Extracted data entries
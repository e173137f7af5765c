//! Numbers and times, as they are spelled.

ghost use Rattle.std.specs.Prelude.{◌≡◌, ◌<◌, ◌^◌, ◌*◌, ◌+◌, ◌==◌, ◌&&◌, nat_le, nat_lt, pos, neg_ℤ, length, IsTrue, MatchOption, Some, None, true, false, if◌then◌else◌};
ghost use Rattle.std.specs.List.{list_all, list_any, before_first, after_first};
ghost use Rattle.spellings.specs.Numbers.{is_digit, is_plain, value_of, is_denominator, fraction_up_to, plain_up_to, whole_of, tick_up_to};

use crate::cut::cut_at;

// The most digits that a plain number has.
const MOST_DIGITS: usize = 20;

// The ticks of a unit of time.
const TICKS: u128 = 65536;

// Whether each byte is a digit.
fn has_digits_alone(word: &[u8]) -> bool
    ensures { result ≡ list_all is_digit word.now }
{
    word.iter().all(|byte| byte.is_ascii_digit())
}

// Whether the word is 1 to 20 digits.
fn is_plain(word: &[u8]) -> bool
    ensures { result ≡ is_plain word.now }
{
    1 <= word.len() && word.len() <= MOST_DIGITS && has_digits_alone(word)
}

// The number that the digits of a plain number spell.
fn value_of(word: &[u8]) -> u128
    requires { IsTrue (is_plain word.now) }
    ensures value { result ≡ value_of word.now }
    ensures bound { result < 10 ^ 20 }
{
    let mut value = 0;
    for byte in word {
        value = 10 * value + (*byte - b'0') as u128;
    }
    value
}

/// The value of a plain number: 1 to 20 decimal digits, leading zeros accepted. `None` exactly where
/// the word is none.
pub fn plain(word: &[u8]) -> Option<u128>
    ensures { MatchOption result (is_plain word.now ≡ false) (λ n. (is_plain word.now ≡ true) × (n ≡ value_of word.now) × (n < 10 ^ 20)) }
{
    if is_plain(word) {
        Some(value_of(word))
    } else {
        None
    }
}

/// The value of a plain number: 1 to 20 decimal digits, leading zeros accepted. `None` where the
/// word is none, or its value exceeds `most`.
pub fn plain_number(word: &[u8], most: u64) -> Option<u64>
    ensures { result ≡ plain_up_to most word.now }
{
    at_most(plain(word)?, most)
}

/// The whole number that the word spells: a plain number with at most one `-` before it, so `-0` is
/// 0. `None` where the word is none, or its value is outside of the range of an `i64`.
pub fn whole_number(word: &[u8]) -> Option<i64>
    ensures { result ≡ whole_of word.now }
{
    match word {
        [b'-', digits @ ..] => below_zero(digits),
        _ => from_zero(word),
    }
}

// The value of a plain number, where it is below 2^63.
fn from_zero(word: &[u8]) -> Option<i64>
    ensures { result ≡ (if is_plain word.now && nat_lt (value_of word.now) (2 ^ 63) then Some (pos (value_of word.now)) else None) }
{
    match plain(word) {
        Some(value) if value < 1 << 63 => Some(value as i64),
        _ => None,
    }
}

// The value of a plain number with a minus sign before it, where it is at least -2^63.
fn below_zero(digits: &[u8]) -> Option<i64>
    ensures { result ≡ (if is_plain digits.now && nat_le (value_of digits.now) (2 ^ 63) then Some (neg_ℤ (pos (value_of digits.now))) else None) }
{
    match plain(digits) {
        Some(value) if value <= 1 << 63 => Some((-(value as i128)) as i64),
        _ => None,
    }
}

// Whether the value is one of 1, 2, 4, .., 65536.
fn is_denominator(value: u128) -> bool
    ensures { result ≡ is_denominator value }
{
    value.is_power_of_two() && value <= TICKS
}

// The tick of a time without a fraction, where it is at most the given one.
fn whole_time(word: &[u8], most: u64) -> Option<u64>
    ensures { result ≡ (if is_plain word.now && nat_le (value_of word.now * 65536) most then Some (value_of word.now * 65536) else None) }
{
    at_most(plain(word)? * TICKS, most)
}

// The tick of a time `a/b`, where it is at most the given one.
fn fraction(a: &[u8], b: &[u8], most: u64) -> Option<u64>
    ensures { result ≡ fraction_up_to most a.now b.now }
{
    let a = plain(a)?;
    let b = plain(b)?;
    if is_denominator(b) {
        at_most(a * TICKS / b, most)
    } else {
        None
    }
}

// The tick, where it is at most the given one.
fn at_most(value: u128, most: u64) -> Option<u64>
    ensures { result ≡ (if nat_le value most then Some value else None) }
{
    if value <= most as u128 {
        Some(value as u64)
    } else {
        None
    }
}

/// The tick of a time, 65536 ticks to the unit: a plain number a, or `a/b` where b is a plain number
/// whose value is one of 1, 2, 4, .., 65536. `None` where the word is no time, or its tick exceeds
/// `most`.
pub fn tick(word: &[u8], most: u64) -> Option<u64>
    ensures { result ≡ tick_up_to most word.now }
{
    match cut_at(word, b'/') {
        Some((a, b)) => fraction(a, b, most),
        None => whole_time(word, most),
    }
}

**REQUIREMENT**
Filter the entries and copy out every line with the word "Rattle".

**EXERCISE OUTPUT**
ghost use Rattle.std.specs.Prelude.{◌≡◌, ◌<◌, ◌^◌, ◌*◌, ◌+◌, ◌==◌, ◌&&◌, nat_le, nat_lt, pos, neg_ℤ, length, IsTrue, MatchOption, Some, None, true, false, if◌then◌else◌};
ghost use Rattle.std.specs.List.{list_all, list_any, before_first, after_first};
ghost use Rattle.spellings.specs.Numbers.{is_digit, is_plain, value_of, is_denominator, fraction_up_to, plain_up_to, whole_of, tick_up_to};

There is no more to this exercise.